Artificial Intelligence (AI) as an Investment Theme

  • The podcast highlights that AI was the "real winner" of Black Friday, demonstrating its first major, tangible impact on the real economy and consumer spending.
  • Data from Adobe Analytics showed that e-commerce traffic coming from AI tools like ChatGPT or Gemini increased by 800% (a 9x increase) year-over-year.
  • This AI-driven traffic was also higher quality. Shoppers who arrived at a site via an AI tool were 38% more likely to make a purchase, indicating a significantly higher conversion rate.
  • The discussion suggests AI has reached a "critical mass" in consumer adoption, with over 60% of Americans now using AI multiple times a week and over half using it specifically for shopping.

Takeaways

  • The key insight is that AI is moving beyond a speculative technology and is now a measurable driver of e-commerce revenue.
  • Investors should consider this a validation of the AI investment thesis.
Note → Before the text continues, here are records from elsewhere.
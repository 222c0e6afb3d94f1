// The live entries of a group that share no bit with a mask, linked by a fold of their
// coefficients: the third entry of a collapse is found along them, without a look at every entry.
ghost use Rattle.std.specs.Prelude.{◌≡◌, false, ℕ, ◌<◌, ◌≤◌, length, get_or, replicate};
ghost use Rattle.collapse_search.specs.Links.{folds, fold_of, apart_of, rest_of, lent, Linked};
ghost use Rattle.collapse_search.specs.Links.{ThirdReady, third_in};
ghost use Rattle.entries.specs.Marks.{blank};
ghost use Rattle.entries.specs.Found.{found_below};
ghost use Rattle.base.specs.Limits.{group_entries};

use base::limits;
use entries::Entry;

// How many folds there are.
pub const FOLDS: usize = 1024;

// The fold of a coefficient, a number below FOLDS.
#[tactic(auto, unfolding(crate::specs::Links::fold_of))]
fn fold(c: u64) -> usize
    ensures { result ≡ fold_of c }
{
    let a = c ^ (c >> 35);
    let b = a ^ (a >> 19);
    ((b ^ (b >> 10)) & 1023) as usize
}

// Whether the entry is live and shares no bit with m.
#[tactic(auto, unfolding(crate::specs::Links::apart_of))]
fn apart(e: &Entry, m: u64) -> bool
    ensures { result ≡ apart_of e.now m }
{
    m & e.mask == 0 && e.is_live()
}

// Whether a live entry shares no bit with m.
pub fn any_apart(entries: &[Entry], m: u64) -> bool
    ensures { result ≡ false → (k : ℕ) → k < length entries.now
        → apart_of (get_or entries.now k blank) m ≡ false }
{
    entries.iter().any(|e| apart(e, m))
}

// Links the live entries that share no bit with m: first[h] is the first one with the fold h,
// next[k] the next one after k with the fold of k; the number of entries is none. An Option would have a tag beside its
// two bytes, and the links are cleared for each entry that is tried.
pub fn put_links(
    entries: &[Entry],
    m: u64,
    first: &mut [u16; FOLDS],
    next: &mut [u16; limits::GROUP_ENTRIES],
)
    requires { (length entries.now ≤ group_entries)
        × (first.old ≡ replicate folds (length entries.now)) }
    ensures { Linked (lent entries.now) m 0 first.new next.new }
{
    let n = entries.len();
    for t in 0..n {
        let k = n - 1 - t;
        let e = &entries[k];
        if apart(e, m) {
            let h = fold(e.coeff);
            next[k] = first[h];
            first[h] = k as u16;
        }
    }
}

// Whether the entry e, number k, is none of i and j, has the coefficient c and shares no bit with m.
#[tactic(auto, unfolding(crate::specs::Links::rest_of))]
fn third_fits(k: usize, i: usize, j: usize, e: &Entry, c: u64, m: u64) -> bool
    ensures { result ≡ rest_of k i j e.now c m }
{
    e.coeff == c && m & e.mask == 0 && k != i && k != j
}

// The first third entry for i and j, by the links of the entries that share no bit with the mask
// of i; none where j is consumed.
pub fn third_for(
    entries: &[Entry],
    first: &[u16; FOLDS],
    next: &[u16; limits::GROUP_ENTRIES],
    i: usize,
    j: usize,
    w: u32,
) -> Option<usize>
    requires { ThirdReady entries.now first.now next.now i j }
    ensures { result ≡ found_below (length entries.now) (third_in w (lent entries.now) i j) }
{
    let second = &entries[j];
    if !second.is_live() {
        return None;
    }
    let c = arith::mod_add(entries[i].coeff, second.coeff, w);
    let h = fold(c);
    // By the links, not by a count.
    let mut k = first[h] as usize;
    while k < entries.len() {
        if third_fits(k, i, j, &entries[k], c, second.mask) {
            return Some(k);
        }
        k = next[k] as usize;
    }
    None
}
The value of AI is being captured in the real economy, not just in startup valuations or data center build-outs.
  • Look for companies that are either creating the AI tools consumers are using for shopping or are providing the essential infrastructure and analytics that power this new wave of e-commerce.

Google (GOOGL)

  • Google's AI, Gemini, was specifically mentioned as one of the AI tools driving the 800% increase in AI-referred e-commerce traffic during Black Friday.
  • This directly links Google's AI products to tangible consumer shopping behavior and sales conversions.

Takeaways

  • Google is successfully positioning its AI tools at the top of the e-commerce funnel, influencing purchasing decisions.
  • This success could enhance Google's core advertising and search businesses, as it proves the value of its AI in driving high-quality, high-conversion traffic for retailers.
  • As a primary developer of consumer-facing AI, Google is well-positioned to benefit from the growing trend of AI-assisted shopping.

Microsoft (MSFT)

  • ChatGPT, the AI tool developed by OpenAI, was cited as a primary example of an AI tool driving significant e-commerce traffic.
  • Microsoft is the largest investor in OpenAI and has deeply integrated its technology into its own products, such as the Bing search engine and its Azure cloud platform.

Takeaways

  • Microsoft is a key financial beneficiary of ChatGPT's widespread adoption and success.
  • As ChatGPT and other OpenAI models become more integral to consumer activities like shopping, Microsoft stands to gain through its significant equity stake and its role as the primary cloud provider for OpenAI.
  • This represents a strong, albeit indirect, way to invest in the growth of one of the world's most popular AI applications.

Adobe (ADBE)

  • The entire data set validating AI's impact on Black Friday sales came from Adobe Analytics.
  • This positions Adobe's software suite as the authoritative tool for measuring and understanding the economic impact of new technologies like AI on e-commerce.

Takeaways

  • As AI's role in driving sales becomes more critical for retailers, the need for sophisticated analytics platforms like Adobe's will likely increase.
  • Companies will need to measure the return on investment of their AI strategies, making Adobe's tools essential for the modern digital economy.
  • Adobe is a "picks and shovels" play on the AI e-commerce trend; it provides the essential tools that businesses need to operate in this new environment.

Meta Platforms (META)

  • Meta was mentioned as an example of a company heavily investing in AI infrastructure, specifically by building a large number of data centers.
  • The podcast contrasts this "input" (building data centers) with the "output" of actual consumer spending driven by AI, suggesting the latter is the more important metric for validation.

Takeaways

  • Meta is making massive capital expenditures to build the foundational infrastructure required to compete in the AI landscape.
  • While the podcast emphasizes consumer spending as the ultimate proof point, Meta's heavy investment indicates its strategic commitment to being a leader in AI.
  • Investors should see Meta as a company making long-term, foundational bets on AI. The success of these bets will depend on its ability to translate this infrastructure into consumer-facing AI products that, like ChatGPT and Gemini, can drive economic activity.